On some level, I do appreciate the point that those two peace activists were making when they suggested that memories of the Shoa may be getting in the way of peace. There are surely Jews in Israel and elsewhere who have turned more insular and fearful as a result of that terrible tragedy. But I’ve got news for the peace community, and for anyone else who waits for the Jewish world to “forget” – it won’t happen. It won’t happen when the final “survivor” dies out. It won’t happen when the final child of a survivor dies out. And it won’t happen five generations hence, either.

The Holocaust has become one of the most transformational events of Jewish history. There is the Exodus. The Revelation at Sinai. The Destruction of the Second Temple. The Holocaust. And the Birth of Israel. Some of those events date back not dozens of years, but thousands. If we haven’t forgotten them, we won’t forget the Holocaust either. That’s not what Jews do.

Now, to be fair to the peace activists, they’re not asking for us to “forget” the Shoah so much as to avoid remembering the wrong lessons. And they are correct in speculating that it is difficult for anyone who spent time under Nazi rule and watched their relatives die to refrain from learning some of the wrong lessons. We are, after all, human. Maybe, for psychological reasons, the Jewish people did need to turn Israel into a bit of a spiritual “wilderness” for a couple of generations, while the wounds healed from the Holocaust and from the tumultuous birth of the new nation. But this is what the peace activists need to understand – once these wounds do heal, the fundamentals of the Israeli-Palestinian conflict will remain, and some of those fundamentals are based on Jewish history.

No issue is more central to that conflict than whether this world should embrace a Jewish State in the strong sense of that term, a state that is permitted to maintain immigration restrictions that favor Jews over Arabs in order to keep a stable Jewish majority.
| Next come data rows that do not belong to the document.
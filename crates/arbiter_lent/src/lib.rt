// The table of nodes of an Arbiter site, lent by the caller: one record for each node. Its step over the table is `lent::kinds::step`, of its records, which come
// of a Peer site's, and of its steps.
#![tactic(auto)]

pub mod whole;

ghost use Rattle.std.specs.Prelude.{◌≡◌};
ghost use Rattle.arbiter_steps.specs.Steps.{named};
ghost use Rattle.arbiter_lent.specs.Lent.{down_voter, rule, turned, Said};

use arbiter_node::Voter;
use arbiter_site::Arbiter;
use arbiter_steps::Step;
use lent::kinds;
use lent::kinds::{Kind, Turned};
use loans::{Peers, Records};
use steps::Beginning;

// An Arbiter site, and the records of its nodes.
pub struct Arbiters;

impl Records for Arbiters {
    type Record = Voter;

    ghost when_down = { down_voter };

    ghost rule = { rule };

    fn down() -> Voter {
        arbiter_node::of_peer(Peers::down())
    }

    fn fresh(compromised: u16, i: usize) -> Voter {
        arbiter_node::of_peer(Peers::fresh(compromised, i))
    }
}

impl Kind for Arbiters {
    type Site = Arbiter;

    type Step = Step;

    ghost named = { named };

    ghost stepped = { turned };

    fn actor(step: Step) -> Option<usize> {
        match step {
            Step::AtNode { node, .. } | Step::Life { node, .. } => Some(node as usize),
            _ => None,
        }
    }

    fn beginning(step: Step) -> Option<Beginning> {
        match step {
            Step::Start(b) => Some(b),
            _ => None,
        }
    }

    fn turn(arbiter: Arbiter, lent: usize, voter: Voter, step: Step) -> Turned<Arbiter, Voter> {
        let out = arbiter_site::step(arbiter, lent, voter, step);
        Turned {
            answer: out.answer,
            site: out.site,
            node: out.node,
        }
    }
}

pub type Told = kinds::Told<Arbiter>;

// A step of a site with its table. A refused step, a Tick and a message leave every record as it was.
pub fn step(arbiter: Arbiter, nodes: &mut [Voter], step: Step) -> Told
    ensures { Said arbiter nodes.old step result.answer result.site nodes.new }
{
    kinds::step::<Arbiters>(arbiter, nodes, step)
}
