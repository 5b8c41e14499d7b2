// The step with a table of twelve records by value, for callers whose proofs go by value.
ghost use Rattle.arbiter_lent.specs.Lent.{Said};

use crate::Arbiters;
use arbiter_node::Voter;
use arbiter_site::Arbiter;
use arbiter_steps::Step;
use lent::kinds;

// How many records there are: the most that any n asks for.
pub const RECORDS: usize = 12;

pub type Whole = kinds::Whole<Arbiter, Voter, RECORDS>;

pub fn step_in(arbiter: Arbiter, nodes: [Voter; 12], step: Step) -> Whole
    ensures { Said arbiter nodes step result.answer result.site result.nodes }
{
    kinds::step_first::<Arbiters, RECORDS>(arbiter, nodes, RECORDS, step)
}
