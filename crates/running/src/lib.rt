// A run of a body that passed 1 to 11 (RULES 6): it is wired once, then a row is made for each input.
#![tactic(auto)]

ghost use Rattle.std.specs.Prelude.{◌≡◌, ◌∷◌, ◌++◌, ℕ, ◌+◌, ◌*◌, ◌≤◌, ◌<◌, length, take};
ghost use Rattle.layout.specs.Le.{bytes};
ghost use Rattle.meaning.specs.Numbers.{most_charts};
ghost use Rattle.meaning.specs.Sums.{one};
ghost use Rattle.meaning.specs.File.{file_at};
ghost use Rattle.meaning.specs.Calls.{laid_over, after_step, carried_after, row_of, rows_of, carried_of};
ghost use Rattle.meaning.proofs.Laws.Runs.{Valid};
ghost use Rattle.stepping.specs.Step.{Checked, Prepared, tried_answer};
ghost use Rattle.running.specs.Run.{BodyRuns};

use cells::{CHARTS, masks, small};
use checks::limits;
use checks::refusal::Refusal;
use layout::body::Shape;
use layout::row::{MARK, REFUSAL, STATES};
use stepping::step::Tried;

// A mark as a number.
fn mark(yes: bool) -> u8
    ensures { result ≡ one yes }
{
    u8::from(yes)
}

// A whole row: what a step gave, and the states after it.
fn put_fields(
    row: &mut [u8],
    output: u64,
    mark: u8,
    refusal: u8,
    states: [u8; CHARTS],
    charts: usize,
)
    requires { (charts ≤ most_charts) × (length row.old ≡ 10 + charts) }
    ensures { row.new ≡ bytes 8 output ++ (mark ∷ refusal ∷ take charts states) }
{
    layout::number::put64(row, 0, output);
    row[MARK] = mark;
    row[REFUSAL] = refusal;
    stepping::step::put_states(&mut row[STATES..], states, charts);
}

// The row of a step from a configuration.
fn put_row(row: &mut [u8], t: Tried, states: [u8; CHARTS], charts: usize)
    requires { (charts ≤ most_charts) × (length row.old ≡ 10 + charts) }
    ensures { row.new ≡ row_of (tried_answer charts t) (take charts states) }
{
    match t.choice() {
        Ok(f) => {
            let next = f.next;
            put_fields(row, f.output, mark(f.agree), limits::ACCEPTED, next, charts);
        }
        Err(e) => put_fields(row, 0, 0, e.refusal.number(), states, charts),
    }
}

// Where a run stands: the present states, and what is carried.
#[derive(Clone, Copy)]
struct Stand {
    states: [u8; CHARTS],
    carried: u64,
}

// Where it stands after a step that was offered a set. A refused one keeps the states, and what it was offered is
// carried; the run goes on.
fn after(t: Tried, states: [u8; CHARTS], offered: u64) -> Stand
    ensures { (n : ℕ) → (take n result.states ≡ after_step (tried_answer n t) (take n states))
        × (result.carried ≡ carried_after (tried_answer n t) offered) }
{
    let Ok(f) = t.choice() else {
        return Stand {
            states,
            carried: offered,
        };
    };
    let next = f.next;
    Stand {
        states: next,
        carried: 0,
    }
}

// The rows of all inputs, from the first states and what is carried there on. Returns what is carried after the last.
fn put_rows(
    n: Shape,
    body: &[u8],
    start: [u8; CHARTS],
    carried: u64,
    inputs: &[u64],
    down: [u64; CHARTS],
    masks: &mut [u64],
    small: &mut [u8],
    rows: &mut [u8],
) -> u64
    requires { Checked n body.now × Valid (file_at n body.now) (take n.charts start) × Prepared n
        body.now down masks.old small.old × (length inputs.now * (10 + n.charts) ≤ length rows.old) }
    ensures { (rows.new ≡ laid_over (rows_of (file_at n body.now)
        (take n.charts start) carried inputs.now) rows.old)
        × (result ≡ carried_of (file_at n body.now) (take n.charts start) carried inputs.now) }
{
    let charts = n.charts;
    let w = STATES + charts;
    let mut states = start;
    let mut held = carried;
    let mut at: usize = 0;
    for input in inputs {
        let offered = held | *input;
        let t = stepping::step::try_wired(n, body, &states[..charts], offered, down, masks, small);
        let e = at + w;
        put_row(&mut rows[at..e], t, states, charts);
        let p = after(t, states, offered);
        states = p.states;
        held = p.carried;
        at = e;
    }
    held
}

// A configuration at the front of an array.
fn states_of(config: &[u8]) -> [u8; CHARTS]
    requires { length config.now ≤ most_charts }
    ensures { take (length config.now) result ≡ config.now }
{
    let mut states = [0u8; CHARTS];
    states[..config.len()].copy_from_slice(config);
    states
}

// A run from a configuration, with what is carried there, after 20, 21 and 27: the rows go to the front of `rows`.
pub fn of_body(
    n: Shape,
    body: &[u8],
    config: &[u8],
    carried: u64,
    inputs: &[u64],
    rows: &mut [u8],
) -> Result<u64, Refusal>
    requires { Checked n body.now }
    ensures { BodyRuns (file_at n body.now) config.now carried inputs.now
        rows.old result rows.new }
{
    stepping::step::test_config(n, body, config)?;
    if rows.len() / (STATES + n.charts) < inputs.len() {
        return Err(Refusal::ShortRun);
    }
    let start = states_of(config);
    let mut masks = [0u64; masks::SIZE];
    let mut small = [0u8; small::SIZE];
    let down = plan::wired(n, body, &mut masks, &mut small);
    Ok(put_rows(
        n, body, start, carried, inputs, down, &mut masks, &mut small, rows,
    ))
}
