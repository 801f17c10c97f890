// The nodes and slaves of a text that spells a chart, laid down as records: brackets that are counted (brackets),
// records written where there is room (room), slaves in the order of a file (order), and the walk over the text, which
// lays down nodes, and slaves as it meets them. What is written is right if the text is there and has no fault, and
// there is room; the functions are safe on every text and every buffer.
#![tactic(auto)]

ghost use Rattle.std.specs.Prelude.{◌≡◌, List, ℕ, ◌+◌, ◌-◌, ◌≤◌, ◌<◌, length};
ghost use Rattle.reading.specs.Numbers.{named_states};
ghost use Rattle.walk.specs.Walk.{sheet, one_node, one_slave, Writes, WritesChart, SequentialAt, ChartAt, PartAt};
ghost use Rattle.walk.specs.Walk.{HiddenAt, BracketedAt, MasterAt, SlavesAt, StateAt, PairAt};
ghost use Rattle.walk.specs.Walk.{TextLaid};

use forms::Form;
use layout::record::{Kind, Node, Slave};

pub mod brackets;
pub mod order;

// A chart is nested so deep at most.
const MOST_DEPTH: usize = reading::MOST_DEPTH as usize;

// Where the walk stands: the place in the text, the number of the next node, and the places of the next records of a
// node and of a slave.
#[derive(Clone, Copy)]
pub struct Cursor {
    pub place: usize,
    pub node: u8,
    pub at: usize,
    pub slaves: usize,
}

// The number behind a node's.
fn one_more(n: u8) -> u8
    ensures { n < 255 → result ≡ n + 1 }
{
    n.saturating_add(1)
}

// The number before a node's.
fn one_less(n: u8) -> u8
    ensures { result ≡ n - 1 }
{
    n.saturating_sub(1)
}

// A number that fits a byte.
fn small(n: u64) -> u8
    ensures { n < 256 → result ≡ n }
{
    u8::try_from(n).unwrap_or(0)
}

// One node more.
fn add_node(c: Cursor, n: Node, out: &mut [u8]) -> Cursor
    ensures { (l : List ℕ) → Writes c.place result.place (sheet c out.old l)
        (sheet result out.new l) (one_node n) }
{
    Cursor {
        node: one_more(c.node),
        at: laying::room::put_node(out, c.at, n),
        ..c
    }
}

// One slave more.
fn add_slave(c: Cursor, s: Slave, list: &mut [u8]) -> Cursor
    ensures { (o : List ℕ) → Writes c.place result.place (sheet c o list.old)
        (sheet result o list.new) (one_slave s) }
{
    Cursor {
        slaves: laying::room::put_slave(list, c.slaves, s),
        ..c
    }
}

// The node of a sequential chart, by its name.
fn add_chart(c: Cursor, name: u64, out: &mut [u8]) -> Cursor
    ensures { (l : List ℕ) → WritesChart c.place result.place name (sheet c out.old l)
        (sheet result out.new l) }
{
    let n = Node {
        kind: Kind::Holds as u8,
        a: small(name),
        b: 0,
        x: 0,
        y: 0,
    };
    add_node(c, n, out)
}

// A sequential chart.
fn sequential(text: &[u8], from: Cursor, out: &mut [u8]) -> Cursor
    requires { from.place ≤ length text.now }
    ensures { (l : List ℕ) → SequentialAt text.now from.place result.place
        (sheet from out.old l) (sheet result out.new l) }
{
    let s = lists::sequential_at(text, from.place);
    let c = Cursor {
        place: s.next,
        ..from
    };
    add_chart(c, s.name, out)
}

// A chart by itself: a part, or two of them with the feedback between them.
#[cycle(descent)]
fn chart(text: &[u8], from: Cursor, left: usize, out: &mut [u8], list: &mut [u8]) -> Cursor
    requires { from.place ≤ length text.now }
    ensures { ChartAt text.now left from.place result.place
        (sheet from out.old list.old) (sheet result out.new list.new) }
{
    let p = part(text, from, left, out, list);
    if tokens::peek(text, p.place) != b'|' {
        return p;
    }
    let x = fields::set(text, tokens::behind_sign(text, p.place, 1));
    let c = Cursor {
        place: tokens::behind_sign(text, x.next, 1),
        ..p
    };
    let q = part(text, c, left, out, list);
    let n = Node {
        kind: Kind::Composes as u8,
        a: one_less(p.node),
        b: one_less(q.node),
        x: x.mask,
        y: 0,
    };
    add_node(q, n, out)
}

// A part of a composition.
#[cycle(descent)]
fn part(text: &[u8], from: Cursor, left: usize, out: &mut [u8], list: &mut [u8]) -> Cursor
    requires { from.place ≤ length text.now }
    ensures { PartAt text.now left from.place result.place
        (sheet from out.old list.old) (sheet result out.new list.new) }
{
    if left == 0 {
        return from;
    }
    let f = forms::form_at(text, from.place);
    match f {
        Form::Sequential => sequential(text, from, out),
        Form::Decomposed => master(text, from, left - 1, out, list),
        Form::Hidden => hidden(text, from, left - 1, out, list),
        Form::Bracketed => bracketed(text, from, left - 1, out, list),
    }
}

// A chart between two hiding sets, either of which may be left out.
#[cycle(descent)]
fn hidden(text: &[u8], from: Cursor, left: usize, out: &mut [u8], list: &mut [u8]) -> Cursor
    requires { from.place ≤ length text.now }
    ensures { HiddenAt text.now left from.place result.place
        (sheet from out.old list.old) (sheet result out.new list.new) }
{
    let x = forms::optional_set_at(text, from.place);
    let inside = Cursor {
        place: tokens::behind_sign(text, x.next, 1),
        ..from
    };
    let c = chart(text, inside, left, out, list);
    let y = forms::optional_set_at(text, tokens::behind_sign(text, c.place, 1));
    let behind = Cursor { place: y.next, ..c };
    let n = Node {
        kind: Kind::Hides as u8,
        a: one_less(c.node),
        b: 0,
        x: x.mask,
        y: y.mask,
    };
    add_node(behind, n, out)
}

// A chart in round brackets.
#[cycle(descent)]
fn bracketed(text: &[u8], from: Cursor, left: usize, out: &mut [u8], list: &mut [u8]) -> Cursor
    requires { from.place ≤ length text.now }
    ensures { BracketedAt text.now left from.place result.place
        (sheet from out.old list.old) (sheet result out.new list.new) }
{
    let inside = Cursor {
        place: tokens::behind_sign(text, from.place, 1),
        ..from
    };
    let c = chart(text, inside, left, out, list);
    Cursor {
        place: tokens::behind_sign(text, c.place, 1),
        ..c
    }
}

// A master behind its slaves: Dec master by {slaves}.
#[cycle(descent)]
fn master(text: &[u8], from: Cursor, left: usize, out: &mut [u8], list: &mut [u8]) -> Cursor
    requires { from.place ≤ length text.now }
    ensures { MasterAt text.now left from.place result.place
        (sheet from out.old list.old) (sheet result out.new list.new) }
{
    let s = lists::sequential_at(text, tokens::behind_sign(text, from.place, 3));
    let by = tokens::behind_sign(text, s.next, 2);
    let inside = Cursor {
        place: tokens::behind_sign(text, by, 1),
        ..from
    };
    let last = slaves(text, inside, small(s.name), left, out, list);
    let behind = Cursor {
        place: tokens::behind_sign(text, last.place, 1),
        ..last
    };
    add_chart(behind, s.name, out)
}

// The slaves of a master, by state, up to the brace behind them.
#[cycle(descent)]
fn slaves(
    text: &[u8],
    from: Cursor,
    name: u8,
    left: usize,
    out: &mut [u8],
    list: &mut [u8],
) -> Cursor
    requires { from.place ≤ length text.now }
    ensures { SlavesAt text.now name left from.place result.place
        (sheet from out.old list.old) (sheet result out.new list.new) }
{
    let mut c = from;
    for state in 0..order::STATES {
        let first = Cursor {
            place: from.place,
            ..c
        };
        c = of_state(text, first, name, state, left, out, list);
    }
    Cursor {
        place: brackets::close_at(text, from.place),
        ..c
    }
}

// The slaves of one state of a master, in their order, up to the brace behind all slaves.
#[cycle(descent)]
fn of_state(
    text: &[u8],
    from: Cursor,
    name: u8,
    state: u8,
    left: usize,
    out: &mut [u8],
    list: &mut [u8],
) -> Cursor
    requires { (from.place ≤ length text.now) × (state < named_states) }
    ensures { StateAt text.now name state left from.place result.place
        (sheet from out.old list.old) (sheet result out.new list.new) }
{
    let mut c = pair(text, from, name, state, left, out, list);
    while tokens::peek(text, c.place) == b',' {
        let next = Cursor {
            place: tokens::behind_sign(text, c.place, 1),
            ..c
        };
        c = pair(text, next, name, state, left, out, list);
    }
    c
}

// A slave of a master, if it is of a state.
#[cycle(descent)]
fn pair(
    text: &[u8],
    from: Cursor,
    name: u8,
    state: u8,
    left: usize,
    out: &mut [u8],
    list: &mut [u8],
) -> Cursor
    requires { (from.place ≤ length text.now) × (state < named_states) }
    ensures { PairAt text.now name state left from.place result.place
        (sheet from out.old list.old) (sheet result out.new list.new) }
{
    let q = tokens::name_at(text, tokens::behind_sign(text, from.place, 1));
    let first = tokens::behind_sign(text, q.next, 1);
    let behind = tokens::behind_sign(text, brackets::close_at(text, first), 1);
    if q.value != state as u64 {
        return Cursor {
            place: behind,
            ..from
        };
    }
    let inside = Cursor {
        place: first,
        ..from
    };
    let c = chart(text, inside, left, out, list);
    let s = Slave {
        chart: name,
        state: state,
        node: one_less(c.node),
    };
    let end = Cursor { place: behind, ..c };
    add_slave(end, s, list)
}

// The nodes of a text, at a place of a buffer, and its slaves as they are met, from the beginning of another.
pub fn lay(text: &[u8], out: &mut [u8], at: usize, list: &mut [u8]) -> Cursor
    ensures { TextLaid text.now at out.old list.old out.new
        list.new result }
{
    let from = Cursor {
        place: 0,
        node: 0,
        at: at,
        slaves: 0,
    };
    chart(text, from, MOST_DEPTH, out, list)
}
For much of the peace movement, such a state is reminiscent of a pre-modern mentality. Discriminatory, nationalist, racist, unjust … the list goes on. But whatever derogatory words you want to use in that context won’t change my views. Not only do I remain a Zionist, but I remain a Zionist who recognizes that due to Arab/Jewish demographics, discriminatory immigration laws are part of the deal.

Frankly, I don’t know how a person can spend much time contemplating the Holocaust specifically and Jewish history generally and not develop a strong sympathy for Zionism. But I also can understand why some of my Palestinian friends, steeped as they are in the history of their own people, have been so impassioned against having a Jewish state with discriminatory immigration legislation occupying so much of their own homeland. That is another way of saying that both peoples have legitimate claims to the land. What Palestinians and peaceniks need to appreciate is that Zionism isn’t going to disappear with the generation who experienced the ovens. The children of the survivors, and their children, and their own children owe it to our ancestors to make sure that there is a place free of anti-Jewish genocide, where those Jews who are persecuted elsewhere in the world can seek refuge. But even more importantly, we who have survived centuries of discrimination owe to the world our support for a civilization that has been built primarily on Jewish values, Jewish aesthetics, and Jewish customs.

I celebrate the Gazan’s words because I appreciate that he is not asking Jews to avoid learning the lessons of the Holocaust or of Jewish history generally. He is merely saying that extensive dialogues about such lessons can sidetrack peacemakers from our essential mission: identifying the road ahead. That road is paved with an understanding of the future wants and needs of both the Jewish and Palestinian peoples. Specifically, we must help the two people’s focus on their legitimate needs, and help them jettison any other unnecessary wants. It’s no easy task. But it can be achieved, as long as we keep our eyes on the ball and remember that it is bouncing toward the future, not the past.